There are lots of options, including staying in place and growing the business.

The sales option getting a lot of attention is a purchase by a private equity firm or a third-party investor. Forty-two percent of business owners surveyed by SunTrust have considered that type of sales, with 38 percent thinking about passing down the company to the next generation in the family and 18 percent contemplating employees buying ownership.

Private equity funds have raised a lot of capital they are eager to put to use, Schar said, although they tend to pursue larger companies.

“One thing we continue to hear from business owners is that they are getting lots of calls from private equity firms.”

Five years ago, those calls were more sporadic. Now the business owners get calls from private equity firms months after month.

“They’re also more sophisticated on determining which private equity firms they might want to work with,” Schar said.

At SunTrust, relationship managers work with the bank’s Business Transitions Advisory Group and its mergers and acquisitions team to figure out how to structure and value companies so they are prepared for a sale. Schar cited a recent example of how the various departments within the bank collaborated on a sale in the Tampa Bay area.

“We had a Tampa industrial company looking to buy other businesses that fit in their business model. Our SunTrust Robinson Humphry investment banker covering industrials engaged with them to talk to talk about all the different businesses they could look to acquire. That was over multiple meetings and multiple months. They narrowed it down to certain things they were interested in. We also knew there was a company that fit exactly one of those strategic initiatives based in Sarasota and we also knew, based on our engagement with that family, that they were interested sellers,” Schar said.

“We put them together. The Tampa company bought the Sarasota company.
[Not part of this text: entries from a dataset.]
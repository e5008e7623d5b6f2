// The orders of the console: one line is one order.
#![tactic(auto)]

ghost use Rattle.std.specs.Prelude.{◌≡◌};
ghost use Rattle.orders.specs.Grammar.{deal_of, point_of, parsed};
ghost use Rattle.orders.specs.Lines.{ReadsBack};
ghost use Rattle.orders.specs.Text.{words};

mod fields;
mod gates;
mod number;
mod text;
mod types;

pub use fields::{ended, field, group_of, kind_of, number_at, number_part, payload_of, placed};
pub use gates::{coefficients_of, gate_name_of, random_words_of};
use gates::{gate_order, hold_order};
pub use number::Number;
pub use text::{decimal, hex_digit, hex_pair, number_of, piece_at, pieces_of, seed_of, word_at};
pub use types::{
    DealOrder, Fault, GateBody, GateName, GateOrder, Group, Kind, Order, Payload, Wrong,
};

// deal KIND GROUP WIDTH THRESHOLD PAYLOAD ROOT0 ROOT1
fn deal_order(line: &[u8]) -> Result<DealOrder, Fault>
    ensures { result ≡ deal_of (words line.now) }
{
    let kind = field(line, 2, kind_of)?;
    let group = field(line, 3, group_of)?;
    let width = number_at(line, 4)?;
    let threshold = number_at(line, 5)?;
    let payload = field(line, 6, |word| payload_of(group, word))?;
    let root0 = field(line, 7, seed_of)?;
    let root1 = field(line, 8, seed_of)?;
    ended(
        line,
        9,
        DealOrder {
            kind,
            width,
            threshold,
            payload,
            root0,
            root1,
        },
    )
}

// at POINT
fn point_order(line: &[u8]) -> Result<u32, Fault>
    ensures { result ≡ point_of (words line.now) }
{
    let point = number_at(line, 2)?;
    ended(line, 3, point)
}

fn order_of(line: &[u8]) -> Result<Order, Fault>
    ensures { result ≡ parsed line.now }
{
    match word_at(line, 1) {
        // Nothing to do: no word, or a comment.
        [] | [b'#', ..] => Ok(Order::Nothing),
        b"deal" => Ok(Order::Deal(deal_order(line)?)),
        b"at" => Ok(Order::At(point_order(line)?)),
        b"gate" => Ok(Order::Gate(gate_order(line)?)),
        b"hold" => hold_order(line),
        _ => Err(Fault {
            what: Wrong::UnknownOrder,
            word: 1,
        }),
    }
}

// What a line orders, or the first word that is wrong.
pub fn parse(line: &[u8]) -> Result<Order, Fault>
    ensures is { result ≡ parsed line.now }
    ensures back { ReadsBack line.now result }
{
    order_of(line)
}
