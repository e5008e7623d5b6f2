// The rounds of the cipher, a column at a time: column c takes its bytes from the columns c, c + 1, c + 2 and c + 3,
// as ShiftRows has it.
ghost use Rattle.std.specs.Int.Bits.{bit_xor};
ghost use Rattle.std.specs.Simd.Lanes.{zip2};
ghost use Rattle.std.specs.Prelude.{◌≡◌, ◌/◌, ◌%◌, [], ◌∷◌};
ghost use Rattle.aes.specs.Blocks.{block_bytes, word_bytes, shifted_column, mixed_column};
ghost use Rattle.standards.specs.Fips197.{full_round, last_round, sub_word, xor};

use crate::block::Block;
use crate::tables::{mixed_row, substituted};

// A column of a round: shifted, substituted and mixed, and a word of the round key added.
fn round_column(a: u32, b: u32, c: u32, d: u32, key: u32) -> u32
    ensures { word_bytes result ≡ xor (mixed_column a b c d) (word_bytes key) }
{
    mixed_row::<0>(a.to_be_bytes()[0])
        ^ mixed_row::<1>(b.to_be_bytes()[1])
        ^ mixed_row::<2>(c.to_be_bytes()[2])
        ^ mixed_row::<3>(d.to_be_bytes()[3])
        ^ key
}

// A column of the last round, which is not mixed.
fn last_column(a: u32, b: u32, c: u32, d: u32, key: u32) -> u32
    ensures { word_bytes result ≡ xor (sub_word (shifted_column a b c d)) (word_bytes key) }
{
    u32::from_be_bytes([
        substituted(a.to_be_bytes()[0]),
        substituted(b.to_be_bytes()[1]),
        substituted(c.to_be_bytes()[2]),
        substituted(d.to_be_bytes()[3]),
    ]) ^ key
}

// Stays: the two rounds differ in the function of a column; one function that takes it would have to state its four
// calls by `post`, which is no plainer.
pub fn full_round(key: Block, s: Block) -> Block
    ensures { block_bytes result ≡ full_round (block_bytes key) (block_bytes s) }
{
    let [a, b, c, d] = s.0;
    let [j, k, l, m] = key.0;
    Block([
        round_column(a, b, c, d, j),
        round_column(b, c, d, a, k),
        round_column(c, d, a, b, l),
        round_column(d, a, b, c, m),
    ])
}

pub fn last_round(key: Block, s: Block) -> Block
    ensures { block_bytes result ≡ last_round (block_bytes key) (block_bytes s) }
{
    let [a, b, c, d] = s.0;
    let [j, k, l, m] = key.0;
    Block([
        last_column(a, b, c, d, j),
        last_column(b, c, d, a, k),
        last_column(c, d, a, b, l),
        last_column(d, a, b, c, m),
    ])
}
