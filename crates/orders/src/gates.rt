// Orders for gates: deal one, and hold values at it.
ghost use Rattle.std.specs.Prelude.{◌≡◌};
ghost use Rattle.orders.specs.declared.types.GateName.TheVariants.{Piece, Flag, Product, Scale};
ghost use Rattle.orders.specs.Grammar.{gate_name_of, numbers_of, coefficients_of, random_words_of, two_masks_of, shift_of, body_of, gate_of, hold_of};
ghost use Rattle.orders.specs.Text.{words};

use crate::fields::{ended, field, kind_of, number_at, number_part};
use crate::number::Number;
use crate::text::{pieces_of, word_at};
use crate::types::{Fault, GateBody, GateName, GateOrder, Order, Wrong};

// Stays: as `kind_of`; `TryFrom` would say no more.
pub fn gate_name_of(word: &[u8]) -> Result<GateName, Wrong>
    ensures { result ≡ gate_name_of word.now }
{
    match word {
        b"piece" => Ok(GateName::Piece),
        b"flag" => Ok(GateName::Flag),
        b"shift" => Ok(GateName::Shift),
        b"signed" => Ok(GateName::Signed),
        b"product" => Ok(GateName::Product),
        b"sum" => Ok(GateName::Sum),
        b"scale" => Ok(GateName::Scale),
        b"xor" => Ok(GateName::Xor),
        _ => Err(Wrong::UnknownGate),
    }
}

// K numbers of a type with commas between them.
fn numbers_of<N: Number + Copy, const K: usize>(word: &[u8], wrong: Wrong) -> Result<[N; K], Wrong>
    ensures { result ≡ numbers_of N.held N.MOST K wrong word.now }
{
    if pieces_of(word, b',') != K {
        return Err(wrong);
    }
    let mut numbers = [N::hold(0); K];
    // Stays: `array::try_from_fn` was tried; it asks for a bound on the size of an array of any number type.
    for i in 0..K {
        numbers[i] = number_part(word, i)?;
    }
    Ok(numbers)
}

// Four numbers of 32 bits with commas between them.
pub fn coefficients_of(word: &[u8]) -> Result<[u32; 4], Wrong>
    ensures { result ≡ coefficients_of word.now }
{
    numbers_of(word, Wrong::CoefficientCount)
}

// K numbers of 64 bits with commas between them.
pub fn random_words_of<const K: usize>(word: &[u8]) -> Result<[u64; K], Wrong>
    ensures { result ≡ random_words_of K word.now }
{
    numbers_of(word, Wrong::WordCount)
}

// MASK LOW HIGH C0,C1,C2,C3 WORDS
fn piece_body(line: &[u8]) -> Result<GateBody, Fault>
    ensures { result ≡ body_of Piece (words line.now) }
{
    let mask = number_at(line, 5)?;
    let low = number_at(line, 6)?;
    let high = number_at(line, 7)?;
    let coefficients = field(line, 8, coefficients_of)?;
    let words = field(line, 9, random_words_of::<14>)?;
    ended(
        line,
        10,
        GateBody::Piece {
            mask,
            low,
            high,
            coefficients,
            words,
        },
    )
}

// Stays: each gate lists the fields of its own; what two of them share is a line each, so that one function for both would be no
// plainer.

// MASK LOW HIGH PATTERN WORDS
fn flag_body(line: &[u8]) -> Result<GateBody, Fault>
    ensures { result ≡ body_of Flag (words line.now) }
{
    let mask = number_at(line, 5)?;
    let low = number_at(line, 6)?;
    let high = number_at(line, 7)?;
    let pattern = number_at(line, 8)?;
    let words = field(line, 9, random_words_of::<8>)?;
    ended(
        line,
        10,
        GateBody::Flag {
            mask,
            low,
            high,
            pattern,
            words,
        },
    )
}

// MASK BY WORDS
fn shift_fields(line: &[u8]) -> Result<(u32, u8, [u64; 10]), Fault>
    ensures { result ≡ shift_of (words line.now) }
{
    let mask = number_at(line, 5)?;
    let by = number_at(line, 6)?;
    let words = field(line, 7, random_words_of)?;
    ended(line, 8, (mask, by, words))
}

// MASK MASK2 WORDS
fn product_body(line: &[u8]) -> Result<GateBody, Fault>
    ensures { result ≡ body_of Product (words line.now) }
{
    let mask = number_at(line, 5)?;
    let mask2 = number_at(line, 6)?;
    let words = field(line, 7, random_words_of::<4>)?;
    ended(line, 8, GateBody::Product { mask, mask2, words })
}

// MASK MASK2
fn two_masks(line: &[u8]) -> Result<(u32, u32), Fault>
    ensures { result ≡ two_masks_of (words line.now) }
{
    let mask = number_at(line, 5)?;
    let mask2 = number_at(line, 6)?;
    ended(line, 7, (mask, mask2))
}

// MASK C D
fn scale_body(line: &[u8]) -> Result<GateBody, Fault>
    ensures { result ≡ body_of Scale (words line.now) }
{
    let mask = number_at(line, 5)?;
    let c = number_at(line, 6)?;
    let d = number_at(line, 7)?;
    ended(line, 8, GateBody::Scale { mask, c, d })
}

// What a gate takes: the words from number 5 on.
fn body_of(name: GateName, line: &[u8]) -> Result<GateBody, Fault>
    ensures { result ≡ body_of name (words line.now) }
{
    match name {
        GateName::Piece => piece_body(line),
        GateName::Flag => flag_body(line),
        GateName::Shift => {
            let (mask, by, words) = shift_fields(line)?;
            Ok(GateBody::Shift { mask, by, words })
        }
        GateName::Signed => {
            let (mask, by, words) = shift_fields(line)?;
            Ok(GateBody::Signed { mask, by, words })
        }
        GateName::Product => product_body(line),
        GateName::Sum => {
            let (mask, mask2) = two_masks(line)?;
            Ok(GateBody::Sum { mask, mask2 })
        }
        GateName::Scale => scale_body(line),
        GateName::Xor => {
            let (mask, mask2) = two_masks(line)?;
            Ok(GateBody::Xor { mask, mask2 })
        }
    }
}

// gate KIND GATE WIDTH and what the gate takes
pub fn gate_order(line: &[u8]) -> Result<GateOrder, Fault>
    ensures { result ≡ gate_of (words line.now) }
{
    let kind = field(line, 2, kind_of)?;
    let name = field(line, 3, gate_name_of)?;
    let width = number_at(line, 4)?;
    let body = body_of(name, line)?;
    Ok(GateOrder { kind, width, body })
}

// hold M, or hold M K
pub fn hold_order(line: &[u8]) -> Result<Order, Fault>
    ensures { result ≡ hold_of (words line.now) }
{
    let m = number_at(line, 2)?;
    if word_at(line, 3).is_empty() {
        return Ok(Order::Hold(m, None));
    }
    let k = number_at(line, 3)?;
    ended(line, 4, Order::Hold(m, Some(k)))
}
We financed the purchase, we advised the seller from a mergers and acquisitions perspective, and now that company is bigger and more diversified than it was before.”

The Baby Boomer business owners in the survey who said they are ready for the next phase of life are not yet done with business. Forty percent of those surveyed do not plan to fully retire, 26 percent would serve in an advisory capacity for their former company, and 15 percent would pursue a philanthropic opportunity in their retirement years, the survey found.